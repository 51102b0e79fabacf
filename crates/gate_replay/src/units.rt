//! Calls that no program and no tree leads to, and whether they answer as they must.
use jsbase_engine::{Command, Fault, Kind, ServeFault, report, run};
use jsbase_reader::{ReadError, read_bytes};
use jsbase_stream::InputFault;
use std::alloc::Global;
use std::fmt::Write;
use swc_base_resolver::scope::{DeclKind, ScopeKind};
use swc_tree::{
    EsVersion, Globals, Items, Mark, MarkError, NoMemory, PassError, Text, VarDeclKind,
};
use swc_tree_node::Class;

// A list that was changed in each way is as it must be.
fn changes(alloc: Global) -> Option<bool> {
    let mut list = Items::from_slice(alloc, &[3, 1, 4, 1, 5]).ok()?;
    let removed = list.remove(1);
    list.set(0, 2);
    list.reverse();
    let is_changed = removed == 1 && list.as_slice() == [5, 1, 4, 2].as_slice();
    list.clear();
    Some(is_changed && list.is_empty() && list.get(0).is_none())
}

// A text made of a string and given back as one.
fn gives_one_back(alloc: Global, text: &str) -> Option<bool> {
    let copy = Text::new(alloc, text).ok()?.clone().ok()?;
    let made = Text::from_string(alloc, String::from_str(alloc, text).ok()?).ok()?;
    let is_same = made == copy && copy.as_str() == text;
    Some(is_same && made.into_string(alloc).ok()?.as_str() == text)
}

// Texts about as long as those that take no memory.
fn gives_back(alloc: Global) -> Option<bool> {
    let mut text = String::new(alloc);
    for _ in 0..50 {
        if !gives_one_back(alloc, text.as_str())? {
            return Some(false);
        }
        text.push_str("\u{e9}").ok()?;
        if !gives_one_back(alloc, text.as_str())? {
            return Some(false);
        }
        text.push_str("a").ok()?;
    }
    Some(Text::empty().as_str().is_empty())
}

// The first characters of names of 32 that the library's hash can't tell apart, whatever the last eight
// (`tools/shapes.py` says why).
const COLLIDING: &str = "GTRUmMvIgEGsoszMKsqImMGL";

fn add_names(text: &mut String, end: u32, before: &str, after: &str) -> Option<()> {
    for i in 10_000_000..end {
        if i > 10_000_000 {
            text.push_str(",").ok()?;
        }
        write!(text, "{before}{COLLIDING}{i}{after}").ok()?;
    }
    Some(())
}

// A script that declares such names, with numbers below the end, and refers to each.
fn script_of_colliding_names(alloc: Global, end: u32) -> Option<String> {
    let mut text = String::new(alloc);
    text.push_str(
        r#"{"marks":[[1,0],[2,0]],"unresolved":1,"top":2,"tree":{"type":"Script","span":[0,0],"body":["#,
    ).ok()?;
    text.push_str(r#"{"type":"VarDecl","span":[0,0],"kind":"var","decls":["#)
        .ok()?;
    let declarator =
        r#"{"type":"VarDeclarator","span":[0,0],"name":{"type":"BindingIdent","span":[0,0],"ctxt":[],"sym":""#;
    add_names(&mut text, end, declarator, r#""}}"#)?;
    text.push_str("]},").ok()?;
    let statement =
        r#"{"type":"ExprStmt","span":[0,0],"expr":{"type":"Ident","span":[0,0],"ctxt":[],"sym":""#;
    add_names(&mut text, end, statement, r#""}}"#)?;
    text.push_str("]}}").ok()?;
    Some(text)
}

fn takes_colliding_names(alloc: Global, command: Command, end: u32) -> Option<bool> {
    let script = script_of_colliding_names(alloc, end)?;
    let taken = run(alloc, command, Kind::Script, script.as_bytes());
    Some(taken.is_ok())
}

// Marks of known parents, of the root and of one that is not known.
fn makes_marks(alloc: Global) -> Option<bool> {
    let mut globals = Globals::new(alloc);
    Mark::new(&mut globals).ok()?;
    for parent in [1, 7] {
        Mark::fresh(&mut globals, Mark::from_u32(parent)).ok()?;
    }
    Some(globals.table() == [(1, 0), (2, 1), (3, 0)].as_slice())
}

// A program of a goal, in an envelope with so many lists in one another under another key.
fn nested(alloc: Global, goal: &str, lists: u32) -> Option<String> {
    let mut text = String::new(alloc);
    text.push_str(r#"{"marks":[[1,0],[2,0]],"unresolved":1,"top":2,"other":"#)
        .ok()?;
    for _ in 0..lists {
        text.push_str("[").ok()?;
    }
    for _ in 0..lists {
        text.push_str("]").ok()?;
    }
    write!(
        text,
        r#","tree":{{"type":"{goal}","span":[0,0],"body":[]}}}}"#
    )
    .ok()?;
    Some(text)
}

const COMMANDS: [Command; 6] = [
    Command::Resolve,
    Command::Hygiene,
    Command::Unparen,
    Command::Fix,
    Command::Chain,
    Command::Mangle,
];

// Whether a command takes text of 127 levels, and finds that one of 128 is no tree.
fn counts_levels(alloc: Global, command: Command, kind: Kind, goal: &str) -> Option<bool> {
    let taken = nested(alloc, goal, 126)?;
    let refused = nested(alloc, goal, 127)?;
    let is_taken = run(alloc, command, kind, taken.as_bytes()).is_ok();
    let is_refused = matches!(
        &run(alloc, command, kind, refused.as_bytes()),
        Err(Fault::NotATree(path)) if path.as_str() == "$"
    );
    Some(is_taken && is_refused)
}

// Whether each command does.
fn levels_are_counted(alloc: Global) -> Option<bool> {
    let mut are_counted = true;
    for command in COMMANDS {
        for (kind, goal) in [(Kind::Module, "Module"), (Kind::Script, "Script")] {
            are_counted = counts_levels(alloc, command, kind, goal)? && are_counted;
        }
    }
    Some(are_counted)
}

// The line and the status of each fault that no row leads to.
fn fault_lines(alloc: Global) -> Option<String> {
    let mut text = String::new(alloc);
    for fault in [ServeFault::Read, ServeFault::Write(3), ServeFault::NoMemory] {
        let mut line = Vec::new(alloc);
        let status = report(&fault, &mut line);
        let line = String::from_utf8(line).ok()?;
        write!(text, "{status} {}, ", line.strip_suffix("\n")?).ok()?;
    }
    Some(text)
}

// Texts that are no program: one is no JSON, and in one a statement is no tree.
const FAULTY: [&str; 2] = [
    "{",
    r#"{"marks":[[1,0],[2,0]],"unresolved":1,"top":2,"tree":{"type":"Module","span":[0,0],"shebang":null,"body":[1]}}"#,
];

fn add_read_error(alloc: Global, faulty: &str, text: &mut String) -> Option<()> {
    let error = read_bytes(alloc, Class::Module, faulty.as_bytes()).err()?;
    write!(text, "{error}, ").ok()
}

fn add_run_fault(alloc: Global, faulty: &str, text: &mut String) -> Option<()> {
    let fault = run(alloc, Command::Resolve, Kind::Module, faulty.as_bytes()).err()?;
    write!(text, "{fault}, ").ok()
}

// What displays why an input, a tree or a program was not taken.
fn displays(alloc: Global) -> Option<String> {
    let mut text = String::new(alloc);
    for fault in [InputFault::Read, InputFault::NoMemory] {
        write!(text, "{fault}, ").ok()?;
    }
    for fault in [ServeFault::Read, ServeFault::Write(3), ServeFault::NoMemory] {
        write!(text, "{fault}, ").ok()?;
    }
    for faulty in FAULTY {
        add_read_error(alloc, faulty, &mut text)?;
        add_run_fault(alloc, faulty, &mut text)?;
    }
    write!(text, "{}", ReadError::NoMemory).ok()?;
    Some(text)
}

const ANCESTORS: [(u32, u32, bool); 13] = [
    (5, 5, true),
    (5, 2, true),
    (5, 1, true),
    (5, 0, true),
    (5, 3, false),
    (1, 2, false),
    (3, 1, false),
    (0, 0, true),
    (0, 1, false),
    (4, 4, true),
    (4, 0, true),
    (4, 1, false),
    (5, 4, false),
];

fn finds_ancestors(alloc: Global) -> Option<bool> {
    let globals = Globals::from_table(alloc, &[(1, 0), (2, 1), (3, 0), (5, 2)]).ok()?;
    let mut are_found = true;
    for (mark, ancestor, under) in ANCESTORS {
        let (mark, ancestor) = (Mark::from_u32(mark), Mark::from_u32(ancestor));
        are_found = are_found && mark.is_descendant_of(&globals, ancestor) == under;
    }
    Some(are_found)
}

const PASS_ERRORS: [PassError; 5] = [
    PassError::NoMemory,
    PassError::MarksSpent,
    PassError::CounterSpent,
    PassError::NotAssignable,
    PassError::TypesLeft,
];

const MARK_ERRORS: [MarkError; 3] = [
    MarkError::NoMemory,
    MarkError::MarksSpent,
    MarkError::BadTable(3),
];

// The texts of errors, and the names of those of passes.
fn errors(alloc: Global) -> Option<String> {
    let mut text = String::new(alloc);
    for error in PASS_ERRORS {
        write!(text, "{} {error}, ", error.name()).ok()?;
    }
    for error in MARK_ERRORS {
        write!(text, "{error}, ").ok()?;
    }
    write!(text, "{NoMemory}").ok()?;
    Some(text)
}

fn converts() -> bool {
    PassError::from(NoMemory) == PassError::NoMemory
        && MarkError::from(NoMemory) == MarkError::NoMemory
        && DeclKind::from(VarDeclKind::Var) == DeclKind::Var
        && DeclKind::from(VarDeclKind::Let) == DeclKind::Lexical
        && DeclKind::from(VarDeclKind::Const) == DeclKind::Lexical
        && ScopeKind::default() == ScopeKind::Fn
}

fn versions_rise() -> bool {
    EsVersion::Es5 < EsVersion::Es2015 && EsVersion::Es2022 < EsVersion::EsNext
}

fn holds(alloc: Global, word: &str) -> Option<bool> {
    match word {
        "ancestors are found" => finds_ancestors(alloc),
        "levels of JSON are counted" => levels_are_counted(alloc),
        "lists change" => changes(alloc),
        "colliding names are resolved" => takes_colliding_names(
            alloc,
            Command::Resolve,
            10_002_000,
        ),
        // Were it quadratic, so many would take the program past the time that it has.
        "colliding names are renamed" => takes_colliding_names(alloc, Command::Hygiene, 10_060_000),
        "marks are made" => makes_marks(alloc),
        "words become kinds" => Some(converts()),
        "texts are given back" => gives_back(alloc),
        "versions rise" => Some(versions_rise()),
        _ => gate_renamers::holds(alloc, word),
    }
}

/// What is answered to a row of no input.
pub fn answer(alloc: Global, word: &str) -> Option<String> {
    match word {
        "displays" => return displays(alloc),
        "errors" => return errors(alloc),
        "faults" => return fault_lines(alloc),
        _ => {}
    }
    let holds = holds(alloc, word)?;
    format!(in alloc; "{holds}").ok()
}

+++

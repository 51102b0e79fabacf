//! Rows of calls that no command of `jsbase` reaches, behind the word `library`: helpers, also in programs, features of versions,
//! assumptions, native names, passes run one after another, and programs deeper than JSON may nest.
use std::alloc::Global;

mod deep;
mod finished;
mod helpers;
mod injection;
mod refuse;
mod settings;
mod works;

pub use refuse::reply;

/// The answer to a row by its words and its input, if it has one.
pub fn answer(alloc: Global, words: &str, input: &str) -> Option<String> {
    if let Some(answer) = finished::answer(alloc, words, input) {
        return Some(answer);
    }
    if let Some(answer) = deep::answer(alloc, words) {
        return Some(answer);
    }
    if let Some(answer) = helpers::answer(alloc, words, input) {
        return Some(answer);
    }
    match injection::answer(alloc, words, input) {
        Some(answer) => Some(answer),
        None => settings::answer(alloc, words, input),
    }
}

+++

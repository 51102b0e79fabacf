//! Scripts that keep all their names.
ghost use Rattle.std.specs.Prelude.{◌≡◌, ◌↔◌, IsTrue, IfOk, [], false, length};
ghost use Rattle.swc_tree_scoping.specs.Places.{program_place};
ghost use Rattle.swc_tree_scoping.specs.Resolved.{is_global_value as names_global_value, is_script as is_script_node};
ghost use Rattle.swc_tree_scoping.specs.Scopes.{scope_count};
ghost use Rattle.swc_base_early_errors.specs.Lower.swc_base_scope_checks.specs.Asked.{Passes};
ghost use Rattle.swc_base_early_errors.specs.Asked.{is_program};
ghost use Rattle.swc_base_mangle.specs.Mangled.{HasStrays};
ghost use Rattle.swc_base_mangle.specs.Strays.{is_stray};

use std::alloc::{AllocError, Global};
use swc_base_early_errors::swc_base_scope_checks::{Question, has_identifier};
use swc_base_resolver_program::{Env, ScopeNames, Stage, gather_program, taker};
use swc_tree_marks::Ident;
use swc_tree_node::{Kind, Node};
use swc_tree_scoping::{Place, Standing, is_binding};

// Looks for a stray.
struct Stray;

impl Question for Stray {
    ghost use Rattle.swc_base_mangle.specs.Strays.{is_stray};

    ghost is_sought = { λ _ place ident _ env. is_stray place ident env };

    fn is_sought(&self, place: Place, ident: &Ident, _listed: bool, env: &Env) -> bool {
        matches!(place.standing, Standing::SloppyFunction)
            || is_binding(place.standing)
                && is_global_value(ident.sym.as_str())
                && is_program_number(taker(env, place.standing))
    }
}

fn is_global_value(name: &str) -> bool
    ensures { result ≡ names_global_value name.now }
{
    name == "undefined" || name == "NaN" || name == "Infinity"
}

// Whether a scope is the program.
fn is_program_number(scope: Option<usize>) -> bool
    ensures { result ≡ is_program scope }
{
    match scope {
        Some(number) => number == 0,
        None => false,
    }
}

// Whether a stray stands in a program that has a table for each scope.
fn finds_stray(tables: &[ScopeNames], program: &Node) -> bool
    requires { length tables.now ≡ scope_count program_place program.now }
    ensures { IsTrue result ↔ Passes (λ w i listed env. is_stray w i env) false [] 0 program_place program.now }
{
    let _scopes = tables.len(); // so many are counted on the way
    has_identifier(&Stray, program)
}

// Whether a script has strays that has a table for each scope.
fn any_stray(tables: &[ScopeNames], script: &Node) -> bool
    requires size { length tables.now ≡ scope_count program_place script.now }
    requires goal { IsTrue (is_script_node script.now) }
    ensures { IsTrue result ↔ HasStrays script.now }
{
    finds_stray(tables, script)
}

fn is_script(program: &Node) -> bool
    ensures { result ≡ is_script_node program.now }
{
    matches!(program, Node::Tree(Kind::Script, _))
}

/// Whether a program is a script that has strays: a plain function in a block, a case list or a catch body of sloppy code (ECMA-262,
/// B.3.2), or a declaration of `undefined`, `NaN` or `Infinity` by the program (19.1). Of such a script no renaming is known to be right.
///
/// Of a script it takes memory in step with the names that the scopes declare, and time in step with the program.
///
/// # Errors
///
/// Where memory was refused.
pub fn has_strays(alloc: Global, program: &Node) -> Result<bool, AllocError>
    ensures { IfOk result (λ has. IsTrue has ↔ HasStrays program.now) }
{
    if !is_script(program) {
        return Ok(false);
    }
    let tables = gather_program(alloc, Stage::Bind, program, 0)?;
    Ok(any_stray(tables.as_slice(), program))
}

+++

WHAT IS NEEDED –
Beginning with the line above that contains "for error in MARK_ERRORS", copy each line exactly up to and including the line that contains "MarkError::from(NoMemory) == MarkError::NoMemory", and go no further.

EXERCISE ANSWER –
    for error in MARK_ERRORS {
        write!(text, "{error}, ").ok()?;
    }
    write!(text, "{NoMemory}").ok()?;
    Some(text)
}

fn converts() -> bool {
    PassError::from(NoMemory) == PassError::NoMemory
        && MarkError::from(NoMemory) == MarkError::NoMemory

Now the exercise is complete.